# Kullback-Leibler divergence between multivariate t and the multivariate normal?

I want to calculate the Kullback Leibler divergence between a multivariate t distribution and a multivariate normal distribution, for different values of the degrees of freedom $$\nu$$.

However, this requires a multiple integration that seems to be difficult to calculate numerically for dimensions larger than 2. Is there a known result to calculate this integral or a numerical trick?

I understand there are general multivariate numerical integration methods. I was just wondering if there is a simpler ad hoc tool I could use as these are popular distributions, so I guess there may be some simpler tools.

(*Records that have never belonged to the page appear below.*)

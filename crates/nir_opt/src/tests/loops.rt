//! Rules in ifs and loops, on views, after earlier steps, and on values that have to be used once.

use super::rewriting::step;
use super::texts::{EMPTY_BLOCK, RULE};
use super::{Case, PRINTED, REFUSED, Text, all_end};
use nir_ir::{Step, ValueId};

/// The sum of the numbers below the input. In each turn 0 is added to the counter, which is a phi.
const SUM: &[u8] = br"shader
inputs [w8x1]
outputs [w8x1]
buffers 0
{
  block b0 {
    %0 = input w8x1 @0
    %1 = const w8x1 (0)
    %2 = const w8x1 (1)
  }
  loop {
    block b1 {
      %3 = phi w8x1 [b0: %1, b4: %7]
      %4 = phi w8x1 [b0: %1, b4: %8]
      %5 = uge w1x1 %4, %0
    }
    if %5 {
      block b2 {
        break
      }
    } else {
      block b3 {
      }
    }
    block b4 {
      %6 = iadd w8x1 %4, %1
      %7 = iadd w8x1 %3, %6
      %8 = iadd w8x1 %4, %2
    }
  }
  block b5 {
    output @0, %3
  }
}
";

const SUM_MOVED: &[u8] = br"shader
inputs [w8x1]
outputs [w8x1]
buffers 0
{
  block b0 {
    %0 = input w8x1 @0
    %1 = const w8x1 (0)
    %2 = const w8x1 (1)
  }
  loop {
    block b1 {
      %3 = phi w8x1 [b0: %1, b4: %7]
      %4 = phi w8x1 [b0: %1, b4: %8]
      %5 = uge w1x1 %4, %0
    }
    if %5 {
      block b2 {
        break
      }
    } else {
      block b3 {
      }
    }
    block b4 {
      %6 = mov w8x1 %4
      %7 = iadd w8x1 %3, %6
      %8 = iadd w8x1 %4, %2
    }
  }
  block b5 {
    output @0, %3
  }
}
";

/// A sum with 0 that is used before a loop, in an if in the loop, and behind it.
const AROUND: &[u8] = br"shader
inputs [w8x1]
outputs [w8x1, w8x1]
buffers 1
{
  block b0 {
    %0 = input w8x1 @0
    %1 = const w8x1 (0)
    %2 = const w32x1 (0)
    %3 = iadd w8x1 %0, %1
    %4 = ineg w8x1 %3
  }
  loop {
    block b1 {
      %5 = uge w1x1 %3, %4
    }
    if %5 {
      block b2 {
        %6 = iadd w8x1 %1, %3
        store @0, %2, %6
        break
      }
    } else {
      block b3 {
      }
    }
    block b4 {
    }
  }
  block b5 {
    output @0, %3
    output @1, %4
  }
}
";

const AROUND_MOVED: &[u8] = br"shader
inputs [w8x1]
outputs [w8x1, w8x1]
buffers 1
{
  block b0 {
    %0 = input w8x1 @0
    %1 = const w8x1 (0)
    %2 = const w32x1 (0)
    %3 = mov w8x1 %0
    %4 = ineg w8x1 %3
  }
  loop {
    block b1 {
      %5 = uge w1x1 %3, %4
    }
    if %5 {
      block b2 {
        %6 = mov w8x1 %3
        store @0, %2, %6
        break
      }
    } else {
      block b3 {
      }
    }
    block b4 {
    }
  }
  block b5 {
    output @0, %3
    output @1, %4
  }
}
";

static LOOPS: [Case; 2] = [
    Case {
        rules: Text::Whole(RULE),
        shader: Text::Whole(SUM),
        out: SUM_MOVED,
        limit: 4100,
        journal: &[step!(6, 0, 0)],
        ..PRINTED
    },
    Case {
        rules: Text::Whole(RULE),
        shader: Text::Whole(AROUND),
        out: AROUND_MOVED,
        limit: 4100,
        journal: &[step!(3, 0, 0), step!(6, 0, 1)],
        ..PRINTED
    },
];

#[test]
fn rules_are_used_in_ifs_and_loops(rt: HostRuntime) {
    all_end(&rt, rt.alloc(), &LOOPS);
}

/// An evaluation of the sum.
const EVALUATED: Case<'static> = Case {
    rules: Text::Whole(b""),
    shader: Text::Whole(SUM),
    ..REFUSED
};

static SUMS: [Case; 6] = [
    Case {
        words: &[b"eval", b"--turns=0", b"--input=5"],
        out: b"end cut\noutput @0 (0)\n",
        ..EVALUATED
    },
    Case {
        words: &[b"eval", b"--turns=1", b"--input=5"],
        out: b"end cut\noutput @0 (0)\n",
        ..EVALUATED
    },
    Case {
        words: &[b"eval", b"--turns=10", b"--input=5"],
        out: b"end done\noutput @0 (10)\n",
        ..EVALUATED
    },
    Case {
        words: &[b"eval", b"--turns=0", b"--input=5"],
        shader: Text::Whole(SUM_MOVED),
        out: b"end cut\noutput @0 (0)\n",
        ..EVALUATED
    },
    Case {
        words: &[b"eval", b"--turns=1", b"--input=5"],
        shader: Text::Whole(SUM_MOVED),
        out: b"end cut\noutput @0 (0)\n",
        ..EVALUATED
    },
    Case {
        words: &[b"eval", b"--turns=10", b"--input=5"],
        shader: Text::Whole(SUM_MOVED),
        out: b"end done\noutput @0 (10)\n",
        ..EVALUATED
    },
];

#[test]
fn a_sum_is_the_same_before_and_after(rt: HostRuntime) {
    all_end(&rt, rt.alloc(), &SUMS);
}

/// A value less itself, of which the components are turned round.
const TURNED: &[u8] = br"shader
inputs [w8x2]
outputs [w8x2]
buffers 0
{
  block b0 {
    %0 = input w8x2 @0
    %1 = ineg w8x2 %0.yx
    %2 = iadd w8x2 %0, %1
    output @0, %2
  }
}
";

const STRAIGHT: &[u8] = br"shader
inputs [w8x2]
outputs [w8x2]
buffers 0
{
  block b0 {
    %0 = input w8x2 @0
    %1 = ineg w8x2 %0
    %2 = iadd w8x2 %0, %1
    output @0, %2
  }
}
";

const STRAIGHT_ZERO: &[u8] = br"shader
inputs [w8x2]
outputs [w8x2]
buffers 0
{
  block b0 {
    %0 = input w8x2 @0
    %1 = ineg w8x2 %0
    %2 = const w8x2 (0, 0)
    output @0, %2
  }
}
";

/// The components turned round twice: by the negation, and by the sum.
const TWICE_TURNED: &[u8] = br"shader
inputs [w8x2]
outputs [w8x2]
buffers 0
{
  block b0 {
    %0 = input w8x2 @0
    %1 = ineg w8x2 %0.yx
    %2 = iadd w8x2 %1.yx, %0
    output @0, %2
  }
}
";

const TWICE_TURNED_ZERO: &[u8] = br"shader
inputs [w8x2]
outputs [w8x2]
buffers 0
{
  block b0 {
    %0 = input w8x2 @0
    %1 = ineg w8x2 %0.yx
    %2 = const w8x2 (0, 0)
    output @0, %2
  }
}
";

/// One component in both places, with a number that has 0 in one of its own.
const PICKED: &[u8] = br"shader
inputs [w8x4]
outputs [w8x2]
buffers 0
{
  block b0 {
    %0 = input w8x4 @0
    %1 = const w8x3 (7, 0, 9)
    %2 = iadd w8x2 %0.wz, %1.yy
    output @0, %2
  }
}
";

const PICKED_MOVED: &[u8] = br"shader
inputs [w8x4]
outputs [w8x2]
buffers 0
{
  block b0 {
    %0 = input w8x4 @0
    %1 = const w8x3 (7, 0, 9)
    %2 = mov w8x2 %0.wz
    output @0, %2
  }
}
";

/// A value and the same negated have the sum 0.
const NEGATED_SUM: &[u8] = b"[(('iadd', 'a@8', ('ineg', a)), 0), by * cases]";

static VIEWS: [Case; 4] = [
    Case {
        rules: Text::Whole(NEGATED_SUM),
        shader: Text::Whole(TURNED),
        out: TURNED,
        limit: 4098,
        ..PRINTED
    },
    Case {
        rules: Text::Whole(NEGATED_SUM),
        shader: Text::Whole(STRAIGHT),
        out: STRAIGHT_ZERO,
        limit: 4098,
        journal: &[step!(2, 0, 0)],
        ..PRINTED
    },
    Case {
        rules: Text::Whole(NEGATED_SUM),
        shader: Text::Whole(TWICE_TURNED),
        out: TWICE_TURNED_ZERO,
        limit: 4098,
        journal: &[step!(2, 0, 1)],
        ..PRINTED
    },
    Case {
        rules: Text::Whole(RULE),
        shader: Text::Whole(PICKED),
        out: PICKED_MOVED,
        limit: 4097,
        journal: &[step!(2, 0, 0)],
        ..PRINTED
    },
];

#[test]
fn views_are_told_apart(rt: HostRuntime) {
    all_end(&rt, rt.alloc(), &VIEWS);
}

/// A difference that is 0 once the one before it is, and the complement of a complement that has other uses at first.
const LATER: &[u8] = br"shader
inputs [w8x1]
outputs [w8x1, w8x1, w8x1]
buffers 0
{
  block b0 {
    %0 = input w8x1 @0
    %1 = inot w8x1 %0
    %2 = inot w8x1 %1
    %3 = isub w8x1 %1, %1
    %4 = iadd w8x1 %0, %3
    output @0, %2
    output @1, %3
    output @2, %4
  }
}
";

const LATER_DONE: &[u8] = br"shader
inputs [w8x1]
outputs [w8x1, w8x1, w8x1]
buffers 0
{
  block b0 {
    %0 = input w8x1 @0
    %1 = inot w8x1 %0
    %2 = mov w8x1 %0
    %3 = const w8x1 (0)
    %4 = mov w8x1 %0
    output @0, %2
    output @1, %3
    output @2, %4
  }
}
";

static AFTER_STEPS: [Case; 1] = [Case {
    rules: Text::Whole(
        b"[(('iadd', 'a@8', 0), 'a'), by * cases, (('isub', 'a@8', 'a'), 0), by * cases, (('inot', ('inot(is_used_once)', 'a@8')), 'a'), by * cases]",
    ),
    shader: Text::Whole(LATER),
    out: LATER_DONE,
    limit: 4100,
    journal: &[step!(3, 1, 0), step!(4, 0, 0), step!(2, 2, 0)],
    ..PRINTED
}];

#[test]
fn a_step_makes_room_for_others(rt: HostRuntime) {
    all_end(&rt, rt.alloc(), &AFTER_STEPS);
}

/// One complement, used twice by one instruction.
const BOTH_SOURCES: &[u8] = br"shader
inputs [w8x1]
outputs [w8x1]
buffers 0
{
  block b0 {
    %0 = input w8x1 @0
    %1 = inot w8x1 %0
    %2 = ixor w8x1 %1, %1
    output @0, %2
  }
}
";

/// Two complements, each used once.
const TWO_SOURCES: &[u8] = br"shader
inputs [w8x1]
outputs [w8x1]
buffers 0
{
  block b0 {
    %0 = input w8x1 @0
    %1 = inot w8x1 %0
    %2 = inot w8x1 %0
    %3 = ixor w8x1 %1, %2
    output @0, %3
  }
}
";

const TWO_SOURCES_ZERO: &[u8] = br"shader
inputs [w8x1]
outputs [w8x1]
buffers 0
{
  block b0 {
    %0 = input w8x1 @0
    %1 = inot w8x1 %0
    %2 = inot w8x1 %0
    %3 = const w8x1 (0)
    output @0, %3
  }
}
";

/// Two complements of one value, of which the first has no other use.
const COMPLEMENTS: &[u8] =
    b"[(('ixor', ('inot(is_used_once)', 'a@8'), ('inot', 'a')), 0), by * cases]";

static ONE_USE: [Case; 2] = [
    Case {
        rules: Text::Whole(COMPLEMENTS),
        shader: Text::Whole(BOTH_SOURCES),
        out: BOTH_SOURCES,
        limit: 4098,
        ..PRINTED
    },
    Case {
        rules: Text::Whole(COMPLEMENTS),
        shader: Text::Whole(TWO_SOURCES),
        out: TWO_SOURCES_ZERO,
        limit: 4099,
        journal: &[step!(3, 0, 0)],
        ..PRINTED
    },
];

#[test]
fn two_sources_are_two_uses(rt: HostRuntime) {
    all_end(&rt, rt.alloc(), &ONE_USE);
}

/// Blanks behind a shader of 59 bytes.
static LONG_TEXT: [Case; 1] = [Case {
    shader: Text::Repeated {
        front: EMPTY_BLOCK,
        piece: b" ",
        times: 65_478,
        end: b"",
    },
    ..PRINTED
}];

#[test]
fn long_shader_texts_are_printed(rt: HostRuntime) {
    all_end(&rt, rt.alloc(), &LONG_TEXT);
}
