//! Words and texts that are refused, and sources and sinks that fail.

use super::rewriting::{DIFFER, REWRITTEN};
use super::texts::EMPTY_BLOCK;
use super::validity::BROKEN;
use super::{Case, PRINTED, REFUSED, Text, all_end, all_end_unheard, ends, uncounted};
use nir_host::OutOfMemory;
use std::alloc::Global;

/// Words without a reading.
const UNREAD: Case<'static> = Case {
    number: 2,
    notes: b"usage: nir_opt RULES [--limit=N] [--option=NAME] [--remarks] [--skip]\n",
    ..REFUSED
};

static USAGE: [Case; 13] = [
    Case {
        words: &[],
        ..UNREAD
    },
    Case {
        words: &[b"--skip"],
        ..UNREAD
    },
    Case {
        words: &[b"r", b"s"],
        ..UNREAD
    },
    Case {
        words: &[b"r", b"--limit=01"],
        ..UNREAD
    },
    Case {
        words: &[b"r", b"--limit=1000001"],
        ..UNREAD
    },
    Case {
        words: &[b"r", b"--limit="],
        ..UNREAD
    },
    Case {
        words: &[b"r", b"--limit=1", b"--limit=1"],
        ..UNREAD
    },
    Case {
        words: &[b"r", b"--skip", b"--skip"],
        ..UNREAD
    },
    Case {
        words: &[b"r", b"--remarks", b"--remarks"],
        ..UNREAD
    },
    Case {
        words: &[b"r", b"--option=1a"],
        ..UNREAD
    },
    Case {
        words: &[b"r", b"--option="],
        ..UNREAD
    },
    Case {
        words: &[b"r", b"--skip=1"],
        ..UNREAD
    },
    Case {
        words: &[b"r", b""],
        ..UNREAD
    },
];

#[test]
fn words_without_a_reading_are_refused(rt: HostRuntime) {
    all_end(&rt, rt.alloc(), &USAGE);
}

/// Rule texts that are not in the grammar.
const UNREAD_RULES: Case<'static> = Case {
    number: 5,
    ..REFUSED
};

static RULE_FAULTS: [Case; 15] = [
    Case {
        rules: Text::Whole(b"[ ? ]"),
        place: 2,
        notes: b"rules: byte 2: bad byte\n",
        ..UNREAD_RULES
    },
    Case {
        rules: Text::Whole(b"[((iadd, 'a@8', 0x), a), by * cases]"),
        place: 16,
        notes: b"rules: byte 16: bad number\n",
        ..UNREAD_RULES
    },
    Case {
        rules: Text::Whole(b"[]]"),
        place: 2,
        notes: b"rules: byte 2: unexpected\n",
        ..UNREAD_RULES
    },
    Case {
        rules: Text::Whole(b"[by * cases]"),
        place: 1,
        notes: b"rules: byte 1: unexpected\n",
        ..UNREAD_RULES
    },
    Case {
        rules: Text::Whole(b"[((iadd, 'a@8', 0), a), by 4294967296 cases]"),
        place: 27,
        notes: b"rules: byte 27: unexpected\n",
        ..UNREAD_RULES
    },
    Case {
        rules: Text::Whole(b"[((iadd3, a, 0), a), by * cases]"),
        place: 3,
        notes: b"rules: byte 3: unknown opcode\n",
        ..UNREAD_RULES
    },
    Case {
        rules: Text::Whole(b"[((iadd, a), a), by * cases]"),
        place: 10,
        notes: b"rules: byte 10: wrong number of sources\n",
        ..UNREAD_RULES
    },
    Case {
        rules: Text::Whole(b"[((iadd, a, 0), b), by * cases]"),
        place: 16,
        notes: b"rules: byte 16: unbound variable\n",
        ..UNREAD_RULES
    },
    Case {
        rules: Text::Whole(b"[((iadd, 'a@8', 0), a, 'options.b'), by * cases]"),
        place: 23,
        notes: b"rules: byte 23: bad condition\n",
        ..UNREAD_RULES
    },
    Case {
        rules: Text::Whole(b"[((mov, a), a), by * cases]"),
        place: 3,
        notes: b"rules: byte 3: left out\n",
        ..UNREAD_RULES
    },
    Case {
        rules: Text::Whole(b"[(('iadd', 'a@int', 0), a), by * cases]"),
        place: 11,
        notes: b"rules: byte 11: left out\n",
        ..UNREAD_RULES
    },
    Case {
        rules: Text::Whole(b"[weight imul 61]"),
        place: 13,
        notes: b"rules: byte 13: bad weight\n",
        ..UNREAD_RULES
    },
    Case {
        rules: Text::Whole(b"[weight imul 6, weight imul 6]"),
        place: 23,
        notes: b"rules: byte 23: bad weight\n",
        ..UNREAD_RULES
    },
    Case {
        rules: Text::Whole(b"[weight mov 1]"),
        place: 8,
        notes: b"rules: byte 8: bad weight\n",
        ..UNREAD_RULES
    },
    // the 17th opcode of a side
    Case {
        rules: Text::Repeated {
            front: b"[(",
            piece: b"(inot, ",
            times: 17,
            end: b"a",
        },
        place: 115,
        notes: b"rules: byte 115: too large\n",
        ..UNREAD_RULES
    },
];

#[test]
fn the_first_fault_of_a_rule_text_is_told(rt: HostRuntime) {
    all_end(&rt, rt.alloc(), &RULE_FAULTS);
}

#[test]
fn a_check_tells_the_first_fault_of_a_rule_text(rt: HostRuntime) {
    for case in &RULE_FAULTS {
        let checked = Case {
            words: &[b"check", b"r"],
            ..*case
        };
        ends(&rt, rt.alloc(), &checked).expect(&rt, "memory");
    }
}

/// Blanks behind two bytes of rules.
static LONG_RULES: [Case; 1] = [Case {
    rules: Text::Repeated {
        front: b"[]",
        piece: b"                                ",
        times: 2_097_152,
        end: b"",
    },
    number: 9,
    notes: b"too long: rules\n",
    ..REFUSED
}];

#[test]
fn rule_texts_above_64_mib_are_refused(rt: HostRuntime) {
    all_end(&rt, rt.alloc(), &LONG_RULES);
}

/// A text without its last brace.
const CUT_OFF: &[u8] = br"shader
inputs []
outputs []
buffers 0
{
  block b0 {
  }
";

/// A kind of six components.
const SIX_COMPONENTS: &[u8] = br"shader
inputs [w8x6]
outputs []
buffers 0
{
  block b0 {
  }
}
";

/// A byte that no token begins with.
const STRAY_BYTE: &[u8] = br"shader
inputs []
outputs []
buffers 0
{
  block b0 ! {
  }
}
";

/// A number without a digit.
const NO_DIGIT: &[u8] = br"shader
inputs []
outputs []
buffers 0x
{
  block b0 {
  }
}
";

/// One buffer too many.
const MANY_BUFFERS: &[u8] = br"shader
inputs []
outputs []
buffers 17
{
  block b0 {
  }
}
";

/// A name of no opcode.
const MISSPELT_OPCODE: &[u8] = br"shader
inputs [w8x1]
outputs [w8x1]
buffers 0
{
  block b0 {
    %0 = input w8x1 @0
    %1 = cnst w8x1 (0)
    %2 = iadd w8x1 %0, %1
    output @0, %2
  }
}
";

/// An output of a value that nothing defines.
const UNDEFINED: &[u8] = br"shader
inputs [w8x1]
outputs [w8x1]
buffers 0
{
  block b0 {
    %0 = input w8x1 @0
    %1 = const w8x1 (0)
    %2 = iadd w8x1 %0, %1
    output @0, %9
  }
}
";

/// Texts that are not in the grammar.
const MISSPELT: Case<'static> = Case {
    number: 7,
    ..REFUSED
};

static FAULTS: [Case; 8] = [
    Case {
        shader: Text::Whole(CUT_OFF),
        place: 57,
        notes: b"shader: byte 57: unexpected\n",
        ..MISSPELT
    },
    Case {
        shader: Text::Whole(SIX_COMPONENTS),
        place: 15,
        notes: b"shader: byte 15: unexpected\n",
        ..MISSPELT
    },
    Case {
        shader: Text::Whole(STRAY_BYTE),
        place: 51,
        notes: b"shader: byte 51: bad byte\n",
        ..MISSPELT
    },
    Case {
        shader: Text::Whole(NO_DIGIT),
        place: 36,
        notes: b"shader: byte 36: bad number\n",
        ..MISSPELT
    },
    Case {
        shader: Text::Whole(MANY_BUFFERS),
        place: 36,
        notes: b"shader: byte 36: too many\n",
        ..MISSPELT
    },
    Case {
        shader: Text::Whole(b"shader inputs [] outputs [] buffers 0 { block b { } block b { } }"),
        place: 58,
        notes: b"shader: byte 58: named twice\n",
        ..MISSPELT
    },
    Case {
        shader: Text::Whole(MISSPELT_OPCODE),
        place: 93,
        notes: b"shader: byte 93: unknown opcode\n",
        ..MISSPELT
    },
    Case {
        shader: Text::Whole(UNDEFINED),
        place: 149,
        notes: b"shader: byte 149: unknown name\n",
        ..MISSPELT
    },
];

#[test]
fn the_first_fault_of_a_shader_text_is_told(rt: HostRuntime) {
    all_end(&rt, rt.alloc(), &FAULTS);
}

/// The declarations, and the beginning of the body.
const DECLARATIONS: &[u8] = br"shader
inputs []
outputs []
buffers 0
{";

static TOO_DEEP: [Case; 1] = [Case {
    shader: Text::Repeated {
        front: DECLARATIONS,
        piece: b"loop {",
        times: 64,
        end: b"",
    },
    place: 422,
    notes: b"shader: byte 422: too deep\n",
    ..MISSPELT
}];

#[test]
fn lists_are_at_most_64_deep(rt: HostRuntime) {
    all_end(&rt, rt.alloc(), &TOO_DEEP);
}

static LEAST_SHADER: Case = PRINTED;

/// The number with which the case ends on another shader.
fn number_on<'a>(alloc: Global, shader: &'a [u8], case: &Case<'a>) -> Result<u8, OutOfMemory> {
    let shader = Text::Whole(shader);
    let left = uncounted(alloc, &Case { shader, ..*case })?;
    Ok(left.ended.number())
}

#[test]
fn a_front_of_a_shader_text_is_none(rt: HostRuntime) {
    for length in 0..60 {
        let front = EMPTY_BLOCK.split_at(length).0;
        let number = if length < 58 { 7 } else { 0 };
        let told = number_on(rt.alloc(), front, &LEAST_SHADER).expect(&rt, "memory");
        assert_eq!(rt; told, number);
    }
}

/// Blanks behind a shader of 59 bytes.
static LONG: [Case; 1] = [Case {
    shader: Text::Repeated {
        front: EMPTY_BLOCK,
        piece: b" ",
        times: 4_194_246,
        end: b"",
    },
    number: 9,
    notes: b"too long: shader\n",
    ..REFUSED
}];

#[test]
fn shader_texts_above_4_mib_are_refused(rt: HostRuntime) {
    assert_eq!(rt; EMPTY_BLOCK.len(), 59);
    all_end(&rt, rt.alloc(), &LONG);
}

static ENDED: [Case; 3] = [
    Case {
        rules_fail: &[0],
        number: 3,
        notes: b"read failed: rules\n",
        ..REFUSED
    },
    Case {
        shader_fail: &[0],
        number: 3,
        notes: b"read failed: shader\n",
        ..REFUSED
    },
    Case {
        room: 10,
        number: 4,
        out: b"shader\ninp",
        notes: b"write failed\n",
        ..REWRITTEN
    },
];

#[test]
fn faults_end_a_run(rt: HostRuntime) {
    all_end(&rt, rt.alloc(), &ENDED);
}

#[test]
fn no_status_is_changed_where_its_line_is_not_taken(rt: HostRuntime) {
    all_end_unheard(&rt, rt.alloc(), &USAGE);
    all_end_unheard(&rt, rt.alloc(), &RULE_FAULTS);
    all_end_unheard(&rt, rt.alloc(), &FAULTS);
    all_end_unheard(&rt, rt.alloc(), &LONG);
    all_end_unheard(&rt, rt.alloc(), &ENDED);
    all_end_unheard(&rt, rt.alloc(), &DIFFER);
    all_end_unheard(&rt, rt.alloc(), &BROKEN);
}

• Monte Carlo integration? – seanv507 Feb 7 at 12:17
• @seanv507 Thanks, that is too general to be of any use, but I appreciate the pointer. – Pullback Feb 7 at 13:20
• t-distribution is a scale mixture of Gaussian distributions and fining KL divergence to mixtures is notoriously difficult. You can lower bound on it if you are interested. – passerby51 Feb 7 at 15:13

## 1 Answer

There is a numerical solution based on one-dimensional numerical integrals here:

Kullback Leibler divergence between a multivariate t and a multivariate normal distributions I doubt there is a closed form solution, but the 1D numerical integral seems simple.